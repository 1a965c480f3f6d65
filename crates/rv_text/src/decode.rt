//! The message, answer or call whose body given bytes are.
ghost use Rattle.std.specs.Prelude.{◌≡◌};
ghost use Rattle.rv_text.specs.Bodies.{IsMessageBody, IsAnswerBody, IsCallBody, Decodes};
ghost use Rattle.rv_text.specs.Reading.{messages, answers, calls, form_of};
ghost use Rattle.rv_text.specs.Reading.{FindsAmong, hello_among, request_among, welcome_among, replied_among};
ghost use Rattle.rv_text.specs.declared.message.Message.{Message};
ghost use Rattle.rv_text.specs.declared.answer.Answer.{Answer};
ghost use Rattle.rv_text.specs.declared.call.Call.{Call};

use crate::answer::Answer;
use crate::call::Call;
use crate::members::{read_call, read_key, read_refusal, read_reply, read_version};
use crate::message::Message;
use rv_json::{Body, FlatMember, Members, TextFault, decode, read_text, read_whole};
use std::alloc::Global;

/// The message whose body the bytes are.
///
/// The length is checked first, without memory. Bytes of a body's length that are no JSON give
/// [`TextFault::NotJson`], and all other bytes that are no message's body give [`TextFault::NotMessage`]. If
/// a name occurs twice, its last value counts. [`TextFault::NoMemory`] comes only if a growth was refused.
pub fn decode_message(alloc: Global, bytes: &[u8]) -> Result<Message, TextFault>
    ensures { Decodes Message IsMessageBody bytes.now result }
{
    decode::<Message>(alloc, bytes)
}

/// The answer whose body the bytes are, as [`decode_message`] reads a message.
pub fn decode_answer(alloc: Global, bytes: &[u8]) -> Result<Answer, TextFault>
    ensures { Decodes Answer IsAnswerBody bytes.now result }
{
    decode::<Answer>(alloc, bytes)
}

/// The call whose text the bytes are, as [`decode_message`] reads a message. The members are those of the
/// call, without a key.
pub fn decode_call(alloc: Global, bytes: &[u8]) -> Result<Call, TextFault>
    ensures { Decodes Call IsCallBody bytes.now result }
{
    decode::<Call>(alloc, bytes)
}

fn read_hello(members: &Members) -> Result<Message, TextFault>
    ensures { FindsAmong members.now result hello_among }
{
    Ok(Message::Hello {
        client: read_whole(members, "client")?,
        incarnation: read_whole(members, "incarnation")?,
        version: read_version(members),
    })
}

fn read_request(alloc: Global, members: &mut Members) -> Result<Message, TextFault>
    ensures { FindsAmong members.old result request_among }
{
    Ok(Message::Request {
        key: read_key(members)?,
        call: read_call(alloc, members)?,
    })
}

impl Body for Message {
    ghost form = { form_of messages };

    fn read(alloc: Global, members: &mut Members) -> Result<Message, TextFault> {
        match read_text(members, "kind")? {
            "hello" => read_hello(members),
            "request" => read_request(alloc, members),
            "cancel" => read_key(members).map(|key| Message::Cancel { key }),
            _ => Err(TextFault::NotMessage),
        }
    }

    fn member_count(&self) -> usize {
        match self {
            Message::Hello { version, .. } => 3 + version.member_count(),
            Message::Request { call, .. } => 5 + call.member_count(),
            Message::Cancel { .. } => 5,
        }
    }

    fn is_within(&self) -> bool {
        self.fits()
    }

    fn has_members(&self, _fields: &[FlatMember]) {}
}

fn read_welcome(members: &Members) -> Result<Answer, TextFault>
    ensures { FindsAmong members.now result welcome_among }
{
    Ok(Answer::Welcome {
        epoch: read_whole(members, "epoch")?,
        client: read_whole(members, "client")?,
        incarnation: read_whole(members, "incarnation")?,
        version: read_version(members),
    })
}

// A request's key and its reply.
fn read_replied(alloc: Global, members: &mut Members) -> Result<Answer, TextFault>
    ensures { FindsAmong members.old result replied_among }
{
    let key = read_key(members)?;
    read_reply(alloc, members, key.epoch).map(|reply| Answer::Replied { key, reply })
}

impl Body for Answer {
    ghost form = { form_of answers };

    fn read(alloc: Global, members: &mut Members) -> Result<Answer, TextFault> {
        match read_text(members, "kind")? {
            "welcome" => read_welcome(members),
            "reply" => read_replied(alloc, members),
            "waiting" => read_key(members).map(|key| Answer::Waiting { key }),
            "refused" => read_refusal(members).map(Answer::Refused),
            _ => Err(TextFault::NotMessage),
        }
    }

    fn member_count(&self) -> usize {
        match self {
            Answer::Welcome { version, .. } => 4 + version.member_count(),
            Answer::Replied { reply, .. } => 5 + reply.member_count(),
            Answer::Waiting { .. } => 5,
            Answer::Refused(refusal) => 2 + refusal.detail_count(),
        }
    }

    fn is_within(&self) -> bool {
        self.fits()
    }

    fn has_members(&self, _fields: &[FlatMember]) {}
}

impl Body for Call {
    ghost form = { form_of calls };

    fn read(alloc: Global, members: &mut Members) -> Result<Call, TextFault> {
        read_call(alloc, members)
    }

    // Its word and its place, how many items it drains or else its wait, and its item.
    fn member_count(&self) -> usize {
        2 + usize::from(self.drains().is_some() || self.wait().is_some())
            + usize::from(self.item().is_some())
    }

    fn is_within(&self) -> bool {
        self.fits()
    }

    fn has_members(&self, _fields: &[FlatMember]) {}
}
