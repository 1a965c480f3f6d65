//! Laws of states: each function is its contract, over the definitions alone.
ghost use Rattle.rv_account.specs.rules.StepLimits.{AreStepLimits, StepLimits, book_limits};
ghost use Rattle.rv_account.specs.state.Laws.{LimitsHold, LimitsOnlyRefuse, MovesExist, MovesExistUnder};
ghost use Rattle.rv_account.specs.state.Laws.{MovesStep, MovesStepUnder, OneFuture};
ghost use Rattle.rv_account.specs.state.Laws.{StatesAgree, StatesFollow, StatesKeepRules, StatesSettle};
ghost use Rattle.rv_account.specs.state.Laws.{StatesTellWaiting, StepsAlike, StepsAlikeUnder, StepsMove};
ghost use Rattle.rv_account.specs.state.Laws.{StepsMoveUnder, TicksMove, TicksStep};
ghost use Rattle.rv_account.specs.state.StepLaws.{CancelsCanEnterUnder, HellosCanEnterUnder, OneNextUnder};
ghost use Rattle.rv_account.specs.state.StepLaws.{OneTicked, RequestsCanEnterUnder, StepsExtendUnder};
ghost use Rattle.rv_account.specs.state.StepLaws.{TicksExtend};

/// Each part of the state of a legal account says what the formulas over its places say.
pub fn states_agree()
    ensures { StatesAgree }
{}

/// The state of a legal account gives the line of each side, which open places wait, for which clients, what
/// is due, and how many wait or said hello.
pub fn states_tell_waiting()
    ensures { StatesTellWaiting }
{}

/// An entry may follow a legal account exactly where it may follow its state.
pub fn states_follow()
    ensures { StatesFollow }
{}

/// A rule of a legal account is kept exactly if it is kept by the state, as long as those before it are; the
/// rule of free partners, where what is named is open.
pub fn states_keep_rules()
    ensures { StatesKeepRules }
{}

/// The state after an entry, which requests it settles in which order, and its own request's reply are read
/// off the state before it.
pub fn states_settle()
    ensures { StatesSettle }
{}

/// Each step of a legal account is a move of its state, with the same entries, answer, settled requests and
/// state after.
pub fn steps_move()
    ensures { StepsMove }
{}

/// Each move of the state of a legal account is a step of the account: the state gives what can come next.
pub fn moves_step()
    ensures { MovesStep }
{}

/// What may follow one of two legal accounts with one state may follow the other.
pub fn one_future()
    ensures { OneFuture }
{}

/// Each step of one of two legal accounts with one state is a step of the other, with the same answer,
/// entries, settled requests and state after.
pub fn steps_alike()
    ensures { StepsAlike }
{}

/// Whatever the state, there is a move for each moment and message that isn't for want of memory.
pub fn moves_exist()
    ensures { MovesExist }
{}

/// Under any limits, each step of a legal account is a move of its state, with the same entries, answer,
/// settled requests and state after.
pub fn steps_move_under()
    ensures { (limits : StepLimits) → StepsMoveUnder limits }
{}

/// Under any limits, each move of the state of a legal account is a step of the account.
pub fn moves_step_under()
    ensures { (limits : StepLimits) → MovesStepUnder limits }
{}

/// Under any limits, each step of one of two legal accounts with one state is a step of the other, with the
/// same answer, entries, settled requests and state after.
pub fn steps_alike_under()
    ensures { (limits : StepLimits) → StepsAlikeUnder limits }
{}

/// Whatever the limits and the state, there is a move for each moment and message that isn't for want of
/// memory.
pub fn moves_exist_under()
    ensures { (limits : StepLimits) → MovesExistUnder limits }
{}

/// The time-outs of a legal account, at its own moment or later, are those of its state, with the same
/// entries, settled requests and state after.
pub fn ticks_move()
    ensures { TicksMove }
{}

/// The time-outs of the state of a legal account, at its own moment or later, are time-outs of the account.
pub fn ticks_step()
    ensures { TicksStep }
{}

/// A book's limits are limits that a step may have.
pub fn book_limits_fit()
    ensures { AreStepLimits book_limits }
{}

/// A step that isn't refused for lack of room for clients or entries is one under any limits no lower.
pub fn limits_only_refuse()
    ensures { LimitsOnlyRefuse }
{}

/// After a step what limits bound is at most its limit, or at most what it was before.
pub fn limits_hold()
    ensures { LimitsHold }
{}

/// Under any limits, a step only adds to the account.
pub fn steps_extend_under()
    ensures { (limits : StepLimits) → StepsExtendUnder limits }
{}

/// Time-outs only add to the account.
pub fn ticks_extend()
    ensures { TicksExtend }
{}

/// Under any limits, a step of a moment and message leads to one account and one answer, want of memory
/// aside.
pub fn one_next_under()
    ensures { (limits : StepLimits) → OneNextUnder limits }
{}

/// The time-outs of an account at a moment lead to one account.
pub fn one_ticked()
    ensures { OneTicked }
{}

/// Under any limits, after a step's time-outs a request for which no refusal is due has its answer here or in
/// a next account.
pub fn requests_can_enter_under()
    ensures { (limits : StepLimits) → RequestsCanEnterUnder limits }
{}

/// Under any limits, after a step's time-outs a cancel for which no refusal is due has its reply here or in a
/// next account.
pub fn cancels_can_enter_under()
    ensures { (limits : StepLimits) → CancelsCanEnterUnder limits }
{}

/// Under any limits, after a step's time-outs a hello that is no repeat can enter, if no refusal of it is
/// due.
pub fn hellos_can_enter_under()
    ensures { (limits : StepLimits) → HellosCanEnterUnder limits }
{}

# Prompt
Some lines above hold the word "StepLaws". Copy all of them.

# Solution for this problem
ghost use Rattle.rv_account.specs.state.StepLaws.{CancelsCanEnterUnder, HellosCanEnterUnder, OneNextUnder};
ghost use Rattle.rv_account.specs.state.StepLaws.{OneTicked, RequestsCanEnterUnder, StepsExtendUnder};
ghost use Rattle.rv_account.specs.state.StepLaws.{TicksExtend};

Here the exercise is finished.